Why Is the Yen at Its Lowest Level Since 1998?

Why Is the Yen at Its Lowest Level Since 1998?

On Monday, the yen fell to its lowest level versus the dollar in 24 years. Meanwhile, the yield spread between Japanese and US benchmarks expanded after strong US inflation data pushed Treasury rates higher.

As the policy divide between hawkish central banks worldwide and the dovish Bank of Japan widens, the dollar climbed to 135.22 yen. This is the highest level since October 1998, after rising for seven consecutive sessions. The central banks’ efforts to curb inflation by boosting interest rates will be the focus this week. The Federal Reserve and the Bank of England should raise rates during their meetings, and the Swiss National Bank may follow suit.
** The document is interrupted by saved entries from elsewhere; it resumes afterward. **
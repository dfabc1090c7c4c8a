//! A cache of scripts by their texts.

ghost use Rattle.std.specs.Prelude.{◌≡◌, ◌≤◌, [], IfOk, OnOk, OnErr, MatchOption, true, false};
ghost use Rattle.tcl_parse.specs.Answers.{Answers};
ghost use Rattle.tcl_parse.specs.Outcome.{done};
ghost use Rattle.tcl_parse.specs.Reading.{reading};
ghost use Rattle.tcl_parse.specs.View.{script_of};
ghost use Rattle.parse_cache.specs.Caches.{most_scripts, empty, is_key, hit, added, used};
ghost use Rattle.parse_cache.specs.Readings.{as_parsed, IsReading, after};

use crate::read_script::ReadScript;
use crate::reading::Reading;
use lru::LruCache;
use std::alloc::Global;
use std::marker::Model;
use std::num::NonZeroUsize;
use std::rc::Rc;
use tcl_parse::{ParseFault, Script};
use txt_core::{NoMemory, Text};

/// How many scripts a cache may keep at most.
pub const MOST_SCRIPTS: usize = 4_096;

/// Scripts that were read, each by its whole text: at most so many as its capacity, and those that
/// were used most recently. Contracts see its capacity, its keys with the most recently used first,
/// and its number of hits.
///
/// Keys are found by a hash whose seed is fixed: keys that were picked for it make a look-up compare
/// lengths and bytes of all keys, and no more than that.
#[derive(Drop)]
pub struct Cache {
    alloc: Global,
    scripts: LruCache<Vec<u8>, Rc<Script>>,
    hits: u64,
}

impl Model for Cache {
    ghost use Rattle.parse_cache.specs.Caches.{Cache as Seen};
    ghost use Rattle.parse_cache.specs.Entries.{texts, AreRead};

    ghost Value = { Seen };

    ghost view = { λ a. record { capacity = a.scripts.cap; keys = texts a.scripts.entries; hits = a.hits } };

    ghost invariant = { λ a. AreRead (λ script. script.value) a.scripts.entries };
}

impl Cache {
    /// An empty cache of this capacity, from 1 to [`MOST_SCRIPTS`]. Its only error is want of memory.
    pub fn new(alloc: Global, capacity: usize) -> Result<Cache, NoMemory>
        requires least { 1 ≤ capacity }
        requires most { capacity ≤ most_scripts }
        ensures { IfOk result (λ cache. cache ≡ empty capacity) }
    {
        let Some(capacity) = NonZeroUsize::new(capacity) else {
            unreachable!()
        };
        let scripts = LruCache::sparse(alloc, capacity)?;
        Ok(Cache {
            alloc,
            scripts,
            hits: 0,
        })
    }

    /// How often the text that was asked for was a key. At 2^64 - 1 it stands still. It takes no
    /// memory.
    pub fn hits(&self) -> u64
        ensures { result ≡ self.now.hits }
    {
        self.hits
    }

    /// The script of a text, shared where the text is a key, and else read and kept.
    ///
    /// # Errors
    ///
    /// `ParseFault::Unclosed` exactly where the text spells no script, with the place and the kind of
    /// the first fault that is reached; `ParseFault::NoMemory` where memory ran out. In both cases the
    /// cache is as it was.
    pub fn parse(&mut self, text: &Text) -> Result<Rc<Script>, ParseFault>
        ensures answers { Answers text.now (as_parsed (λ script. script.value) result) }
        ensures used { OnOk result (self.new ≡ used text.now self.old) }
        ensures kept { OnErr result (self.new ≡ self.old) }
    {
        match self.read(text) {
            Ok(Reading::Script(script)) => Ok(script),
            Ok(Reading::Fault { at, kind }) => Err(ParseFault::Unclosed { at, kind }),
            Err(NoMemory) => Err(ParseFault::NoMemory),
        }
    }

    /// What a text is as a script. A script is shared where the text is a key, and else read and kept;
    /// a fault is read each time. The only error is want of memory, and then the cache is as it was.
    pub fn read(&mut self, text: &Text) -> Result<Reading, NoMemory>
        ensures reads { IfOk result (λ read. IsReading text.now read) }
        ensures after { IfOk result (λ read. self.new ≡ after read text.now self.old) }
        ensures kept { OnErr result (self.new ≡ self.old) }
    {
        match self.find(text)? {
            Some(script) => {
                self.use_key(text);
                Ok(Reading::Script(script))
            }
            None => {
                let read = self.read_new(text)?;
                Ok(read)
            }
        }
    }

    /// The text with what it is as a script, as `read` gives it.
    pub fn read_script(&mut self, text: Text) -> Result<ReadScript, NoMemory>
        ensures { IfOk result (λ read. read ≡ text) }
    {
        let reading = self.read(&text)?;
        Ok(ReadScript::with(text, reading))
    }

    /// The script that is kept of a text, where the text is a key. The order stays as it is.
    fn find(&self, text: &Text) -> Result<Option<Rc<Script>>, NoMemory>
        ensures { IfOk result (λ found.
            MatchOption found (is_key text.now self.now ≡ false) (λ script.
            (is_key text.now self.now ≡ true)
            × (reading text.now ≡ done (script_of script.value) []))) }
    {
        match self.scripts.peek(text.bytes()) {
            None => Ok(None),
            Some(script) => {
                let shared = script.clone()?;
                Ok(Some(shared))
            }
        }
    }

    /// Counts a hit and brings its key to the front. It takes no memory.
    fn use_key(&mut self, text: &Text)
        requires { is_key text.now self.old ≡ true }
        ensures { self.new ≡ hit text.now self.old }
    {
        self.scripts.promote(text.bytes());
        self.hits = self.hits.saturating_add(1);
    }

    /// Reads a text that is no key, and keeps its script.
    fn read_new(&mut self, text: &Text) -> Result<Reading, NoMemory>
        requires { is_key text.now self.old ≡ false }
        ensures reads { IfOk result (λ read. IsReading text.now read) }
        ensures after { IfOk result (λ read. self.new ≡ after read text.now self.old) }
        ensures kept { OnErr result (self.new ≡ self.old) }
    {
        let reading = Reading::of(self.alloc, text)?;
        if let Reading::Script(script) = &reading {
            let shared = script.clone()?;
            self.keep(text, shared)?;
        }
        Ok(reading)
    }

    /// Makes a text that is no key the first one, with its script.
    fn keep(&mut self, text: &Text, script: Rc<Script>) -> Result<(), NoMemory>
        requires absent { is_key text.now self.old ≡ false }
        requires spells { reading text.now ≡ done (script_of script.value) [] }
        ensures ok { OnOk result (self.new ≡ added text.now self.old) }
        ensures err { OnErr result (self.new ≡ self.old) }
    {
        let key = Vec::from_slice(self.alloc, text.bytes())?;
        self.scripts.put(key, script)?;
        Ok(())
    }
}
The BoJ, on the other hand, has stated that it will purchase 500 billion yen ($3.70 billion) in Japanese government bonds on Tuesday as part of its aim to keep benchmark 10-year rates within 0.25 percentage points of its 0% goal.

US Inflation Data, Strong and Rising

In the United States, the benchmark 10-year yield touched 3.2 percent early Monday, up roughly 12 basis points from Friday. The US’s two-year yield now stands at 3.194 percent, the highest since 2007. Inflation in the United States exceeded estimates on Friday, fueling speculation that the Federal Reserve may have to hike rates even more aggressively. According to the CME’s FedWatch tool, there’s a two-thirds likelihood of at least 125 basis point rises at the Fed’s next two meetings on Tuesday and Wednesday this week and in July.

This suggests at least one 75-basis-point rise, the largest single-meeting increase since 1994. Higher energy prices have also weighed on the yen, hurting Japan’s balance of payments. “What could go wrong for the yen did go wrong, and it continues to go wrong,” said Paul Mackel, global head of FX research at HSBC, who added that it was crucial to monitor if Japanese investors were willing to face additional unhedged currency risk in their portfolios.

The dollar index (DXY) compares the greenback to six other currencies; it rose 0.3 percent to 104.58, its highest level in four weeks.